Antoniou Antony N, Lenart Izabela, Guiliano David B
Division of Infection and Immunity/Centre of Rheumatology, Department of Immunology and Molecular Pathology, University College London, Windeyer Institute of Medical Science, 46 Cleveland Street, London W1T 4JF, UK.
Int J Rheumatol. 2011;2011:486856. doi: 10.1155/2011/486856. Epub 2011 Mar 30.

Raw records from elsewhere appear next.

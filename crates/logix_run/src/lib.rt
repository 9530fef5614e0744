//! The program `logix`, over any files, any sink and any gate: which words of the command line are which plan, and that each
//! call follows the plan of its words. What a command does is in its own crate; what is said of every call, in `lgx_answer`.
#![tactic(auto)]

mod call;
mod command;
mod gate;
mod plain;

pub use call::{logix, program};
pub use gate::Open;
pub use lgx_answer::Status;
pub use lgx_shared::Gate;
pub use plain::{USAGE, logix_plain};
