//! The answers of all actors.

ghost use Rattle.std.specs.Prelude.{◌≡◌, List};
ghost use Rattle.qsg_num.specs.declared.ids.Actor.{Actor};
ghost use Rattle.qsg_requests.specs.declared.transcript.Answer.{Answer};

use crate::transcript::Answer;
use qsg_num::Actor;

/// Who keeps what each actor of a group was answered, system tasks among them.
pub trait Transcripts {
    /// The answers of an actor, the first one first.
    ghost told: { Self → Actor → List Answer };

    /// These answers.
    fn transcript(&self, actor: Actor) -> &[Answer]
        ensures { result.now ≡ told self.now actor };
}
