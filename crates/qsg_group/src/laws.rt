//! Every change keeps the laws, and what follows from them.

ghost use Rattle.std.specs.Prelude.{◌≡◌, ◌⊎◌, ℕ, Bool, Option, Some, None, true, false, filter};
ghost use Rattle.qsg_num.specs.declared.seats.Member.{Member};
ghost use Rattle.qsg_num.specs.declared.seats.TaskNo.{TaskNo};
ghost use Rattle.qsg_num.specs.declared.ids.UnitName.{UnitName};
ghost use Rattle.qsg_lists.specs.declared.parts.Mark.TheVariants.{PutBy, GotBy};
ghost use Rattle.qsg_num.specs.declared.seats.StructNo.{StructNo};
ghost use Rattle.qsg_model.specs.History.{is_of, held};
ghost use Rattle.qsg_lists.specs.Structures.{is_active};
ghost use Rattle.qsg_group.specs.Group.{Held, Group, empty_group};
ghost use Rattle.qsg_group.specs.Observers.{entry_at, has_run, is_committed, runs_from, counted_messages};
ghost use Rattle.qsg_group.specs.Laws.{is_pending, Laws};
ghost use Rattle.qsg_group.specs.Changes.{settle, Change, Reached};
ghost use Rattle.qsg_group.specs.Outcomes.{Outlives, IsUndone};
ghost use Rattle.qsg_msg.specs.declared.message.Message.{Message};

/// The laws hold before anything has happened.
pub fn the_empty_group_keeps_the_laws()
    ensures { Laws empty_group }
{}

/// Each shared action leaves a group that obeys the laws.
pub fn every_change_keeps_the_laws()
    ensures { (g h : Group) → Change g h → Laws g → Laws h }
{}

/// A group obeys the laws after any number of shared actions, in any order.
pub fn every_group_that_is_reached_keeps_the_laws()
    ensures { (g : Group) → Reached g → Laws g }
{}

/// The messages that count in an active structure, each pending unit settled by its member's log, are exactly those
/// that the history holds there, in order of id.
pub fn an_active_structure_holds_what_the_history_holds()
    ensures { (g : Group) (s : StructNo) → Laws g → is_active (g.shelves s).state ≡ true →
        counted_messages g.logs (g.shelves s).entries ≡ filter (is_of s) (held g.history) }
{}

/// Whether a unit that a mark names is committed is told by its member's log from the low page on: so much of a log is
/// what those who settle such marks have to read.
pub fn a_log_tells_of_marks_from_its_low_page()
    ensures { (g : Group) (s : StructNo) (id : ℕ) (e : Held) (u : UnitName) → Laws g → entry_at id (g.shelves s).entries ≡ Some e →
        (e.mark ≡ PutBy u) ⊎ (e.mark ≡ GotBy u) → has_run u (runs_from (g.logs u.member).low (g.logs u.member).runs) ≡ is_committed g.logs u }
{}

/// No entry of a structure that isn't active is pending, so that a settle leaves its entries as they are.
pub fn a_settle_leaves_an_inactive_structure()
    ensures { (g : Group) (s : StructNo) (id : ℕ) (u : UnitName) (commits : Bool) → Laws g → is_active (g.shelves s).state ≡ false →
        settle id u commits (g.shelves s).entries ≡ (g.shelves s).entries }
{}

/// Once no task holds a unit and each incarnation that failed is resolved, no entry is pending.
pub fn a_group_at_rest_has_no_pending_entries()
    ensures { (g : Group) → Laws g → ((m : Member) (i : ℕ) → g.failed m i ≡ false) → ((m : Member) (t : TaskNo) → (g.tasks m t).unit ≡ None) →
        (s : StructNo) (id : ℕ) (e : Held) → entry_at id (g.shelves s).entries ≡ Some e → is_pending e.mark ≡ false }
{}

/// A unit whose run is safe takes effect although its member ends before it takes its marks off: there is such a run.
pub fn a_safe_unit_outlives_its_member()
    ensures { (m : Message) → (g : Group) × Outlives m g }
{}

/// A unit whose run isn't safe when its member ends leaves nothing: there is such a run, in which a message was put.
pub fn a_unit_that_is_cut_off_is_undone()
    ensures { (m : Message) → (g : Group) × IsUndone g }
{}
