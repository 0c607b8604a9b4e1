//! A group of queue managers as a machine of shared actions, and the laws that every action keeps.
//!
//! - `tasks`: the unit of work that a task holds.
//! - `laws`: every change keeps the laws, and what follows from them.
//!
//! The machine stands in `specs/`: `Group` (its parts), `Changes` (the shared actions), `Laws`, and `Observers` (what
//! laws see of a group).
#![tactic(auto)]

mod laws;
mod tasks;

pub use laws::{
    a_group_at_rest_has_no_pending_entries, a_log_tells_of_marks_from_its_low_page,
    a_safe_unit_outlives_its_member, a_settle_leaves_an_inactive_structure,
    a_unit_that_is_cut_off_is_undone, an_active_structure_holds_what_the_history_holds,
    every_change_keeps_the_laws, every_group_that_is_reached_keeps_the_laws,
    the_empty_group_keeps_the_laws,
};
pub use tasks::{Claim, Claims, Stage, Task};
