//! The requests of a task.

use qsg_lists::Selector;
use qsg_num::{Body, Priority, QueueName};

/// What a PUT says of its message. None of priority or of persistent means the queue's default.
#[derive(Debug, Drop)]
pub struct PutWords {
    pub queue: QueueName,
    pub body: Body,
    pub priority: Option<Priority>,
    pub persistent: Option<bool>,
    pub msg_id: [u8; 24],
    pub correl_id: [u8; 24],
}

/// One request of a task that works on its unit.
#[derive(Debug, Drop)]
pub enum Request {
    /// Puts a message, in the task's unit.
    Put(PutWords),
    /// Gets the first message that has the ids that are asked for, in the task's unit.
    Get { queue: QueueName, select: Selector },
    /// Ends the unit and keeps what it did.
    Commit,
    /// Ends the unit and undoes what it did.
    Backout,
}
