//! What the actors of a group ask for, and what they are answered.
//!
//! - `words`: the requests of a task.
//! - `replies`: how a request ended, and why a step waits.
//! - `transcript`: the answers of an actor, with room for those to come.
//! - `transcripts`: the answers of all actors.
#![tactic(auto)]

mod replies;
#[cfg(test)]
mod tests;
mod transcript;
mod transcripts;
mod words;

pub use replies::{Cause, Reason, Reply, Short, Turn};
pub use transcript::{Answer, Transcript, Verb};
pub use transcripts::Transcripts;
pub use words::{PutWords, Request};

The association between HLA-B27 and the group of autoimmune inflammatory arthritic diseases, the spondyloarthropathies (SpAs) which include ankylosing spondylitis (AS) and Reactive Arthritis (ReA), has been well established and remains the strongest association between any HLA molecule and autoimmune disease. The mechanism behind this striking association remains elusive; however animal model and biochemical data suggest that HLA-B27 misfolding may be key to understanding its association with the SpAs. Recent investigations have focused on the unusual biochemical structures of HLA-B27 and their potential role in SpA pathogenesis. Here we discuss how these unusual biochemical structures may participate in cellular events leading to chronic inflammation and thus disease progression.
HLA - B27与自身免疫性炎性关节疾病(一组包括强直性脊柱炎(AS)和反应性关节炎(ReA)的脊柱关节炎(SpA))之间的关联已得到充分证实,并且仍然是任何HLA分子与自身免疫性疾病之间最强的关联。这种显著关联背后的机制仍然难以捉摸;然而,动物模型和生化数据表明,HLA - B27的错误折叠可能是理解其与脊柱关节炎关联的关键。最近的研究集中在HLA - B27不同寻常的生化结构及其在脊柱关节炎发病机制中的潜在作用。在此,我们讨论这些不同寻常的生化结构如何参与导致慢性炎症从而引发疾病进展的细胞事件。